Reproduce the lines below from the one that contains "number of windows." through the end, inclusive, and add nothing.
[THE RECORDS]
// The lent index: its row records and its head, which C may lend too. specs/ has the meanings, proofs/ what they imply.
#![tactic(auto)]

// A row record: its range [low, up), and its runs, which are `runs` entries of the run buffer from `first` on.
#[repr(C)]
#[derive(Clone, Copy, PartialEq, Eq)]
pub struct Row {
    pub low: i32,
    pub up: i32,
    pub first: u32,
    pub runs: u32,
}

// The head of an index: window length, row width, number of windows.
#[repr(C)]
#[derive(Clone, Copy, PartialEq, Eq)]
pub struct Head {
    pub window: u32,
    pub width: u32,
    pub windows: u32,
}

// A crate has one function at least.
pub fn nothing() {}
[/THE RECORDS]
▸ SOLUTION TO THIS TASK
// The head of an index: window length, row width, number of windows.
#[repr(C)]
#[derive(Clone, Copy, PartialEq, Eq)]
pub struct Head {
    pub window: u32,
    pub width: u32,
    pub windows: u32,
}

// A crate has one function at least.
pub fn nothing() {}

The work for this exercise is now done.